- Assignment: Find every line below where the string "HaveOneKey" shows up, and copy those lines.
<<<<
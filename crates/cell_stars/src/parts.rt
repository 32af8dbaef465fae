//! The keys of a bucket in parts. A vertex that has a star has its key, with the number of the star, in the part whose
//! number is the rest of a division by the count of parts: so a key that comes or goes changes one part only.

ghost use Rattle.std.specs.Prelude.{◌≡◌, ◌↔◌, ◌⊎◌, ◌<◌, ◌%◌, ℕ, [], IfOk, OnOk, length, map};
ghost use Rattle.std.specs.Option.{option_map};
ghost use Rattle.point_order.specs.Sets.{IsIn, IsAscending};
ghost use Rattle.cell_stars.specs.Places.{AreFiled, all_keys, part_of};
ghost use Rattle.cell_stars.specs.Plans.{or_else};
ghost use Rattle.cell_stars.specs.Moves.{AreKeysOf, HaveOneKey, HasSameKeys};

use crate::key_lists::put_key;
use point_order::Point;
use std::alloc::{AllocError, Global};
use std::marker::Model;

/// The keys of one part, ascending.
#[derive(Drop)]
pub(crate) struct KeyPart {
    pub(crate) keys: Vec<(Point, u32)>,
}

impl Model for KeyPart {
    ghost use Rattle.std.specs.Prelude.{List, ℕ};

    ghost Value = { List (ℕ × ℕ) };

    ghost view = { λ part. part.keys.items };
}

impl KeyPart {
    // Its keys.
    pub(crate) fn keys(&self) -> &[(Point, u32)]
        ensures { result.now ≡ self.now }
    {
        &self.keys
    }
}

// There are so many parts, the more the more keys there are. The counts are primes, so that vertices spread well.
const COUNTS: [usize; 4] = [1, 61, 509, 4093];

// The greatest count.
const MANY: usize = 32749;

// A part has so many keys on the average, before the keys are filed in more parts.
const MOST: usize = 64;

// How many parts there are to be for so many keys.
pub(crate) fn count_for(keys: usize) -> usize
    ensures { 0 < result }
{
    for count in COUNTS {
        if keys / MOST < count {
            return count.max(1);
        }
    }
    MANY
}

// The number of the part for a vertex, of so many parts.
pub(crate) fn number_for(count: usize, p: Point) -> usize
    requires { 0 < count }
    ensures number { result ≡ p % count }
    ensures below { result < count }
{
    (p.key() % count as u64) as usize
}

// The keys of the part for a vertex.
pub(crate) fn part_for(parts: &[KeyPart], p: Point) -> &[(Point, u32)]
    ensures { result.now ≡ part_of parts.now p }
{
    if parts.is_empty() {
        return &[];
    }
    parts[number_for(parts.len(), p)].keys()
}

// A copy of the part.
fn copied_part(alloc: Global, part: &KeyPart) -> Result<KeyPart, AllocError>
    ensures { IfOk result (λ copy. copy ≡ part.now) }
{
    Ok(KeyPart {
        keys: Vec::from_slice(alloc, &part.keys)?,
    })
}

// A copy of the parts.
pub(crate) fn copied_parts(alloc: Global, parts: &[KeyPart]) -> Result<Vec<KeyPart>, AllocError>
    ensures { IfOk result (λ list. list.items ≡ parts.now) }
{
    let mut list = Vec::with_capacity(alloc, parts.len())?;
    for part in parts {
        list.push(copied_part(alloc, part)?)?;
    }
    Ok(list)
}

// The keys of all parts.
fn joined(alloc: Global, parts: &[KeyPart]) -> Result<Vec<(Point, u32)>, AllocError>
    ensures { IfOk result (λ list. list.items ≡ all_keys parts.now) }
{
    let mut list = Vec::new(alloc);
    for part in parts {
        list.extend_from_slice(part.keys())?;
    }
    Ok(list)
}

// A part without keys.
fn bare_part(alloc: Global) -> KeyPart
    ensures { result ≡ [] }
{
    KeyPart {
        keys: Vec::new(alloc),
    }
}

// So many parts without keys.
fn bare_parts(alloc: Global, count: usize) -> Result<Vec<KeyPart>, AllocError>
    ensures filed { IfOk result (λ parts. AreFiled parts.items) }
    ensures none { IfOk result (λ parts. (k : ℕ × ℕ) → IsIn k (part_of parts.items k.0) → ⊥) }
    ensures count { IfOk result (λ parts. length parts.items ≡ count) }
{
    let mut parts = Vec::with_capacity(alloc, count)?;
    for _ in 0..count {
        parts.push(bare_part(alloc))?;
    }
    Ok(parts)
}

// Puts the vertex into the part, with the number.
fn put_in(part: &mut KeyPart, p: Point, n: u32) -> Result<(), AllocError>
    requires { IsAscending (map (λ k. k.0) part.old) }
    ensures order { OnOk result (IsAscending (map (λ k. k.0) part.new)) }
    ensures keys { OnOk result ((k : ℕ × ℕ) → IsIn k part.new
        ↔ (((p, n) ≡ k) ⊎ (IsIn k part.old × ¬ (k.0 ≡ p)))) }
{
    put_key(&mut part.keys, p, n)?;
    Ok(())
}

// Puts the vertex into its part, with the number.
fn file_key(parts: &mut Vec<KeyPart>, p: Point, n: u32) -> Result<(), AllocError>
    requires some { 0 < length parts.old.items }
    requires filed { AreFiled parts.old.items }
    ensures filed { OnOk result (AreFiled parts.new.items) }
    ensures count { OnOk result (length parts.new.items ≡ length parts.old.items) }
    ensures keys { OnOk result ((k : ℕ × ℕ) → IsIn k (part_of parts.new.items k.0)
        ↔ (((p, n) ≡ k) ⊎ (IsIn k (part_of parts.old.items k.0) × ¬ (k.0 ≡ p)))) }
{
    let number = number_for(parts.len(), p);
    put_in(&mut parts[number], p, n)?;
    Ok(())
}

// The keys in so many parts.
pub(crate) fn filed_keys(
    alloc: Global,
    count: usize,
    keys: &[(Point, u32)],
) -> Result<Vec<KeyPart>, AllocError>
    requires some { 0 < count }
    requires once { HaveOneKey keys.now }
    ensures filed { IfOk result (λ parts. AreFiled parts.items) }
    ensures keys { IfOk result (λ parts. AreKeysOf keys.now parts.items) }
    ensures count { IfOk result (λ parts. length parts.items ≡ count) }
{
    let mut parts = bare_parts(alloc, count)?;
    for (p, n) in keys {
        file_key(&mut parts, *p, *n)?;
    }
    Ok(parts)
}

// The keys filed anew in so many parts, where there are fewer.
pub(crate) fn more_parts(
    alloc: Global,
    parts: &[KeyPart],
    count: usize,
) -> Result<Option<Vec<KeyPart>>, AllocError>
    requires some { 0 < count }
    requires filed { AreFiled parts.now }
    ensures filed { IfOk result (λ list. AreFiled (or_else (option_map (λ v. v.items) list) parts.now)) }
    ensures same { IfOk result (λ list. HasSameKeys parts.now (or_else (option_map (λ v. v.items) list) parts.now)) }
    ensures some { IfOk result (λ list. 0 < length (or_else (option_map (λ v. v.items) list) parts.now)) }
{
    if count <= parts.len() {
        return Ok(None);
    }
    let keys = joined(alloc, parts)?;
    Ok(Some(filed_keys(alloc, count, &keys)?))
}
>>>>
- Exercise response:
ghost use Rattle.cell_stars.specs.Moves.{AreKeysOf, HaveOneKey, HasSameKeys};
    requires once { HaveOneKey keys.now }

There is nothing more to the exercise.